Google Sheets Python batchUpdate repeatCell -> issue with range and number format - python

I am trying to use the google sheets api for python to format only a specific columns results to a "NUMBER" type but am struggling to get it to work properly. Am I doing something wrong with the "range" block? There are values that are getting appended to the column and when they get appended (via a different api set) they do not come back as formatted numbers that, when highlighting the entire column, result in a numbered sum.
id_sampleforstackoverflow = 'abcdefg123xidjadsfh192810'
cost_sav_body = {
"requests": [
{
"repeatCell": {
"range": {
"sheetId": 0,
"startRowIndex": 2,
"endRowIndex": 6,
"startColumnIndex": 0,
"endColumnIndex": 6
},
"cell": {
"userEnteredFormat": {
"numberFormat": {
"type": "NUMBER",
"pattern": "#.0#;#.0#"
}
}
},
"fields": "userEnteredFormat.numberFormat"
}
}
]
}
cost_sav_sum = service.spreadsheets().batchUpdate(spreadsheetId=id_sampleforstackoverflow, body=cost_sav_body).execute()

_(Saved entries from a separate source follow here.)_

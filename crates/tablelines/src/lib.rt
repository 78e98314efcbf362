// What a line of a code table's text says, or why it can't be taken: its words (specs/Words.antt), and the item that they make (specs/Items.antt).
#![tactic(auto)]

pub mod faults; // faults.rt: why a text makes no table

ghost use Rattle.std.specs.Prelude.{◌≡◌, ◌<◌, length};
ghost use Rattle.rules.specs.Lists.{same};
ghost use Rattle.tablelines.specs.Words as w;
ghost use Rattle.tablelines.specs.Items as i;

use faults::Fault;
use rules::{
    KIND_BYTES, KIND_DOUBLE, KIND_GUID, KIND_NUMBER, KIND_TEXT, SCOPE_ENTRY, SCOPE_FORM,
    SCOPE_REPORT,
};

// What a line says.
#[derive(Clone, Copy)]
pub enum Item {
    Nothing,
    Layout { byte: u8 },
    Header { code: u16 },
    Scope { kind: u8, code: u16 },
    Row { id: u8, target: u16, kind: u8 },
}

// What a line says, or why it can't be taken; and where the next one begins.
#[derive(Clone, Copy)]
pub struct Line {
    pub item: Result<Item, Fault>,
    pub next: usize,
}

// ---- words
fn is_blank(b: u8) -> bool
    ensures { result ≡ w.is_blank b }
{
    matches!(b, b' ' | b'\t' | b'\r')
}

// The bytes in front of the first one that passes the test, and those from it on.
fn cut<F: Fn(u8) -> bool>(s: &[u8], stops: F) -> (&[u8], &[u8])
    requires { F.IsAlwaysCallable stops }
    ensures { i.Cut (F.post stops) s.now result.0.now result.1.now }
{
    for (at, b) in s.iter().enumerate() {
        if stops(*b) {
            return s.split_at(at);
        }
    }
    s.split_at(s.len())
}

// The first word, and what stands after it.
fn word_of(s: &[u8]) -> (&[u8], &[u8])
    ensures word { result.0.now ≡ w.word s.now }
    ensures rest { result.1.now ≡ w.after_word s.now }
{
    let (_, letters) = cut(s, |b| !is_blank(b));
    cut(letters, |b| is_blank(b))
}

fn same_word(a: &[u8], b: &[u8]) -> bool
    ensures { result ≡ same a.now b.now }
{
    a == b
}

// ---- numbers
fn digit_of(b: u8) -> Option<u32>
    ensures { result ≡ i.below 16 (w.digit_of b) }
{
    char::from(b).to_digit(16)
}

fn byte_of(a: u8, b: u8) -> Option<u8>
    ensures { result ≡ i.below 256 (w.byte_of a b) }
{
    let high = digit_of(a)?;
    let low = digit_of(b)?;
    Some((16 * high + low) as u8)
}

// The number of a word of two hex digits.
fn two_of(word: &[u8]) -> Option<u8>
    ensures { result ≡ i.below 256 (w.two_of word.now) }
{
    match word {
        [a, b] => byte_of(*a, *b),
        _ => None,
    }
}

// The number of a word of four hex digits.
fn four_of(word: &[u8]) -> Option<u16>
    ensures { result ≡ i.below 65536 (w.four_of word.now) }
{
    match word {
        [a, b, c, d] => {
            let high = byte_of(*a, *b)?;
            let low = byte_of(*c, *d)?;
            Some(256 * high as u16 + low as u16)
        }
        _ => None,
    }
}

// The number of the word for a row's kind.
fn row_kind_of(word: &[u8]) -> Option<u8>
    ensures { result ≡ i.below 5 (w.row_kind_of word.now) }
{
    if same_word(word, b"number") {
        return Some(KIND_NUMBER);
    }
    if same_word(word, b"text") {
        return Some(KIND_TEXT);
    }
    if same_word(word, b"guid") {
        return Some(KIND_GUID);
    }
    if same_word(word, b"double") {
        return Some(KIND_DOUBLE);
    }
    if same_word(word, b"bytes") {
        return Some(KIND_BYTES);
    }
    None
}

// ---- items
// The number of a line that has one alone: it stands in the second word, and there is no third.
fn lone<T: Drop>(number: Option<T>, third: &[u8], digits: Fault) -> Result<T, Fault>
    ensures { result ≡ i.lone number third.now digits }
{
    if third.is_empty() {
        number.ok_or(digits)
    } else {
        Err(Fault::ManyWords)
    }
}

fn layout_item(second: &[u8], third: &[u8]) -> Result<Item, Fault>
    ensures { i.said result ≡ i.layout_item second.now third.now }
{
    let byte = lone(two_of(second), third, Fault::TwoDigits)?;
    Ok(Item::Layout { byte })
}

fn header_item(second: &[u8], third: &[u8]) -> Result<Item, Fault>
    ensures { i.said result ≡ i.header_item second.now third.now }
{
    let code = lone(four_of(second), third, Fault::FourDigits)?;
    Ok(Item::Header { code })
}

fn entry_item(second: &[u8], third: &[u8]) -> Result<Item, Fault>
    ensures { i.said result ≡ i.entry_item second.now third.now }
{
    let code = lone(four_of(second), third, Fault::FourDigits)?;
    Ok(Item::Scope {
        kind: SCOPE_ENTRY,
        code,
    })
}

// A form or a report.
fn plain_scope_item(kind: u8, second: &[u8]) -> Result<Item, Fault>
    ensures { i.said result ≡ i.plain_scope_item kind second.now }
{
    if second.is_empty() {
        Ok(Item::Scope { kind, code: 0 })
    } else {
        Err(Fault::ManyWords)
    }
}

fn row_item(first: &[u8], second: &[u8], third: &[u8], more: bool) -> Result<Item, Fault>
    ensures { i.said result ≡ i.row_item first.now second.now third.now more }
{
    let id = two_of(first).ok_or(Fault::UnknownWord)?;
    if more {
        return Err(Fault::ManyWords);
    }
    let target = four_of(second).ok_or(Fault::FourDigits)?;
    let kind = row_kind_of(third).ok_or(Fault::UnknownKind)?;
    Ok(Item::Row { id, target, kind })
}

fn item_by(first: &[u8], second: &[u8], third: &[u8], more: bool) -> Result<Item, Fault>
    ensures { i.said result ≡ i.item_by first.now second.now third.now more }
{
    if first.is_empty() {
        return Ok(Item::Nothing);
    }
    if same_word(first, b"layout") {
        return layout_item(second, third);
    }
    if same_word(first, b"header") {
        return header_item(second, third);
    }
    if same_word(first, b"form") {
        return plain_scope_item(SCOPE_FORM, second);
    }
    if same_word(first, b"report") {
        return plain_scope_item(SCOPE_REPORT, second);
    }
    if same_word(first, b"entry") {
        return entry_item(second, third);
    }
    row_item(first, second, third, more)
}

fn item_in(s: &[u8]) -> Result<Item, Fault>
    ensures { i.said result ≡ i.item_in s.now }
{
    let (first, rest) = word_of(s);
    let (second, rest) = word_of(rest);
    let (third, rest) = word_of(rest);
    let (more, _) = word_of(rest);
    item_by(first, second, third, !more.is_empty())
}

// What the line at a place says. A line ends with a byte 10, the last one with the text; what stands from a # on is a remark.
pub fn line_at(text: &[u8], at: usize) -> Line
    requires { at < length text.now }
    ensures { i.LineAt text.now at result }
{
    let (line, _) = cut(&text[at..], |b| b == b'\n');
    let (said, _) = cut(line, |b| b == b'#');
    Line {
        item: item_in(said),
        next: at + line.len() + 1,
    }
}
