#[tactic(auto, unfolding(crate::specs::PlanOf::flow_in))]
fn flow_in(alloc: Global, table: &Table, i: u32) -> Result<Flow, ReadError>
    ensures { Gives result (flow_in i (table_view table.now)) }
{
    let (id, dst, src) = ends_in(table, i)?;
    let (control, carriers) = load_in(alloc, table, i)?;
    let ((frames, lmin, lmax), (cap, p, q)) = timing_in(table, i)?;
    if has_extra(table, &FLOW_FIELDS) {
        return Err(ReadError::Text(PlanText::Extra(Part::Flow(i))));
    }
    Ok(Flow {
        id,
        dst,
        src,
        control,
        carriers,
        frames,
        lmin,
        lmax,
        cap,
        p,
        q,
    })
}

fn flow_of(alloc: Global, value: &Value, i: u32) -> Result<Flow, ReadError>
    ensures { Gives result (flow_of i (view value.now)) }
{
    match value {
        Value::Table(table) => flow_in(alloc, table, i),
        _ => Err(ReadError::Text(PlanText::Kind(of_flow(i, Field::Flow)))),
    }
}

fn flows_from(alloc: Global, values: &[Value]) -> Result<FlowList, ReadError>
    ensures { Gives result (all_from flow_of 0 (items_view values.now)) }
{
    let mut flows = FlowList::new(alloc);
    for (place, value) in values.iter().enumerate() {
        // A text of at most `LONGEST` octets has fewer elements than a u32 counts.
        let Ok(i) = u32::try_from(place) else {
            return Err(ReadError::NoMemory);
        };
        flows.push(flow_of(alloc, value, i)?)?;
    }
    Ok(flows)
}

fn flows_of(alloc: Global, table: &Table) -> Result<FlowList, ReadError>
    ensures { Gives result (flows_of (get_member (key_of Field.Flow) (table_view table.now))) }
{
    match member(table, Field::Flow) {
        None => Ok(FlowList::new(alloc)),
        Some(Value::Array(values)) => flows_from(alloc, values),
        Some(_) => Err(ReadError::Text(PlanText::Kind(top(Field::Flow)))),
    }
}

// `version`, `option`, `mode` and `playout`.
#[tactic(auto, unfolding(crate::specs::PlanOf::line_in))]
fn line_in(table: &Table) -> Result<(Version, u32, Mode, u32), PlanText>
    ensures { result ≡ line_in (table_view table.now) }
{
    let version = version_at(table, top(Field::Version))?;
    let option = number_at(table, top(Field::LineOption))?;
    let mode = mode_at(table, top(Field::Mode))?;
    let playout = number_at(table, top(Field::Playout))?;
    Ok((version, option, mode, playout))
}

So when I run the above with the rest of my code, the values get appended, however, when highlighting the column, it simply gives me a count of the objects, and not a formatted number summing the total of the values (i.e. there are three values of -24, but only see a "Count" of 3 instead of -72).
I am using the GCP recommendations api for machineType to append the cost projection -> costs -> units value to the column (they append for example like i.e. -24).
Can someone help?
Documentation I have already gone through:
https://cloud.google.com/blog/products/application-development/formatting-cells-with-the-google-sheets-api
https://developers.google.com/sheets/api/guides/formats
https://developers.google.com/sheets/api/reference/rest/v4/spreadsheets/other#GridRange

#all
I was able to figure out the problem. When doing straight reporting of the values for the cost (as explained above as an objective) I was converting the output to string using the str() python method. I removed that str() method and kept the rest of the code you see above and now things are posting correctly:
#spend = str(element.primary_impact.cost_projection.cost.units)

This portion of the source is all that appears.